İlk denemenin başarılı olmasının ardından, süt naklinin kan için güvenli ve geçerli bir alternatif olduğu düşünülmeye başlandı. Bu durum, süt naklini Kuzey Amerika’da popüler bir tedavi yöntemi haline getirdi. Ancak, birçok tıp doktoru bu uygulamayı sorgulamaya devam etti ve süt nakli yapılan hastalar arasındaki ölümler, bu yöntemin hızla gözden düşmesine yol açtı. 1880’lerde, kan yerine süt naklinin yerini salin infüzyonları aldı.

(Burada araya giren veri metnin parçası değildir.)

ghost use Rattle.std.specs.Prelude.{◌<◌, ◌+◌, ◌^◌, ◌≤◌, length, IfSome};

use super::*;
use ScenKind::{BadNumber, BadVersion, FieldCount, Outside, SizeDiffers, TooMany};
use fleet_base::{Cell, Grid, Request};
use std::alloc::{AllocError, Global};
use std::test::Fail;

const ONE_ROW: &[u8] = b"version 1\n0\tempty-8-8.map\t8\t8\t5\t3\t0\t4\t6";

fn eight_by_eight(alloc: Global) -> Result<Grid, AllocError> {
    Ok(Grid::new(8, 8, vec![in alloc; true; 64]?))
}

fn fault_in(alloc: Global, text: &[u8], grid: &Grid, take: Option<u32>) -> Option<ScenFault>
    requires size { length text.now + 1 < 2 ^ 32 }
    requires few { IfSome take (λ count. count ≤ 32767) }
{
    read_scen(alloc, text, grid, take).err()
}

fn at(line: u32, kind: ScenKind) -> Option<ScenFault> {
    Some(ScenFault::At { line, kind })
}

fn request(start: u32, goal: u32) -> Request {
    Request {
        start: Cell(start),
        goal: Cell(goal),
        depart: 0,
        stay: false,
    }
}

// Where a text is cut, the fault is that of the first line that isn't whole.
#[test]
fn prefixes(rt: HostRuntime) -> Result<(), Fail> {
    let grid = eight_by_eight(rt.alloc())?;
    let text = ONE_ROW;
    assert_eq!(rt; text.len(), 39);
    for k in 0..40usize {
        let wanted = match k {
            0..=8 => at(1, BadVersion),
            9..=10 => None,
            11..=38 => at(2, FieldCount),
            _ => None,
        };
        if k <= text.len() {
            assert_eq!(rt;
                fault_in(rt.alloc(), &text[..k], &grid, None),
                wanted,
                "{k}"
            );
        }
    }
    let requests = read_scen(rt.alloc(), text, &grid, None)?;
    assert_eq!(rt; requests.as_slice(), [request(29, 32)].as_slice());
    Ok(())
}

#[test]
fn refused(rt: HostRuntime) -> Result<(), Fail> {
    let grid = eight_by_eight(rt.alloc())?;
    let table: [(&[u8], u32, ScenKind); 17] = [
        (b"", 1, BadVersion),
        (b"\n \r\n", 3, BadVersion),
        (b"\n\n version\n", 3, BadVersion),
        (b"version 1 0\n", 1, BadVersion),
        (b"Version 1\n", 1, BadVersion),
        (b"0 a 8 8 5 3 0 4 6\n", 1, BadVersion),
        (b"version 1\n0 empty-8-8.map 8 8 5 3 0 4\n", 2, FieldCount),
        (b"version 1\n0 a 8 8 5 3 0 4 6 6\n", 2, FieldCount),
        (b"version 1\n0 a -8 8 5 3 0 4 6\n", 2, BadNumber),
        (b"version 1\n0 a 9 8 9 3 0 4294967296 6\n", 2, BadNumber),
        (
            b"version 1\n0 a 8 8 5 3 0 99999999999999999999 6\n",
            2,
            BadNumber,
        ),
        (b"version 1\n0 a 8 7 8 3 0 4 6\n", 2, SizeDiffers),
        (b"version 1\n0 a 9 8 5 3 0 4 6\n", 2, SizeDiffers),
        (b"version 1\n0 a 8 8 8 3 0 4 6\n", 2, Outside),
        (b"version 1\n0 a 8 8 5 8 0 4 6\n", 2, Outside),
        (b"version 1\n0 a 8 8 5 3 4294967295 4 6\n", 2, Outside),
        (
            b"version 1\n0 a 8 8 5 3 0 4 6\n\n0 a 8 8 5 3 0 8 6\nx\n",
            4,
            Outside,
        ),
    ];
    for (text, line, kind) in table {
        assert_eq!(rt;
            fault_in(rt.alloc(), text, &grid, None),
            at(line, kind),
            "{text:?}"
        );
    }
    // Rows that aren't kept are checked too.
    let text = b"version 1\n0 a 8 8 5 3 0 4 6\n0 a 8 8 5 3 0 9 6\n";
    assert_eq!(rt; fault_in(rt.alloc(), text, &grid, Some(1)), at(3, Outside));
    Ok(())
}

// Carriage returns, tabs, blanks at line ends, empty lines everywhere, no last line end, leading
// zeros, and fields of any bytes where they aren't read.
#[test]
fn accepted(rt: HostRuntime) -> Result<(), Fail> {
    let grid = eight_by_eight(rt.alloc())?;
    let text: &[u8] =
        b"\r\n\n \t version\t\xff\r\n\t\n\xfe\x0b a\rb 08 0000000008 5 3 0 4 - \t\r\n\n0 a 8 8 0 0 7 7 6 ";
    let requests = read_scen(rt.alloc(), text, &grid, None)?;
    assert_eq!(rt;
        requests.as_slice(),
        [request(29, 32), request(0, 63)].as_slice()
    );
    let first = read_scen(rt.alloc(), text, &grid, Some(1))?;
    assert_eq!(rt; first.as_slice(), [request(29, 32)].as_slice());
    let none = read_scen(rt.alloc(), text, &grid, Some(0))?;
    assert_eq!(rt; none.len(), 0);
    Ok(())
}

// A scenario of so many rows, on a map of one cell.
fn long_scenario(alloc: Global, count: u32) -> Result<Vec<u8>, AllocError> {
    let mut text = Vec::new(alloc);
    text.extend_from_slice(b"version 1\n")?;
    for _ in 0..count {
        text.extend_from_slice(b"0 a 1 1 0 0 0 0 0\n")?;
    }
    Ok(text)
}

// There may be 32,767 rows, and any count of rows where a number to take is given.
#[test]
fn many(rt: HostRuntime) -> Result<(), Fail> {
    let grid = Grid::new(1, 1, vec![in rt.alloc(); true; 1]?);
    let text = long_scenario(rt.alloc(), 32768)?;
    let text = text.as_slice();
    assert!(rt; 18 < text.len());
    assert!(rt; text.len() < 1000000);
    let less = &text[..text.len() - 18];
    assert_eq!(rt; fault_in(rt.alloc(), text, &grid, None), at(32769, TooMany));
    assert_eq!(rt; read_scen(rt.alloc(), less, &grid, None)?.len(), 32767);
    assert_eq!(rt;
        read_scen(rt.alloc(), text, &grid, Some(32767))?.len(),
        32767
    );
    Ok(())
}

// The texts of the faults, and the numbers of the kinds.
#[test]
fn faults(rt: HostRuntime) -> Result<(), Fail> {
    let fault = ScenFault::At {
        line: 2,
        kind: FieldCount,
    };
    assert_eq!(rt;
        format!(in rt.alloc(); "{fault}")?.as_str(),
        "line 2: FieldCount"
    );
    assert_eq!(rt;
        format!(in rt.alloc(); "{}", ScenFault::Memory)?.as_str(),
        "out of memory"
    );
    let kinds = [
        BadVersion,
        FieldCount,
        BadNumber,
        SizeDiffers,
        Outside,
        TooMany,
    ];
    for (index, kind) in kinds.iter().enumerate() {
        assert_eq!(rt; *kind as usize, index + 1);
    }
    Ok(())
}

Yüzyılın başlarında ise Karl Landsteiner, insan kan gruplarını keşfetti ve bu durum kan naklinin güvenli ve etkili bir yöntem haline gelmesine olanak tanıdı. Günümüzde kan nakli, kabul görmüş ve standartlaştırılmış bir tıbbi prosedür olarak kabul edilmektedir. Dünya Sağlık Örgütü’ne göre, dünya genelinde 118,5 milyondan fazla kan bağışı toplanmış olup, kan nakli hayati bir tedavi yöntemi olarak yaralanma, cerrahi işlemler veya doğum sonrası ciddi kan kaybı yaşayan bireyler için uygulanmaktadır. Ayrıca, hemofili, böbrek yetmezliği ve kanser gibi durumların tedavisinde de sıklıkla kullanılmaktadır.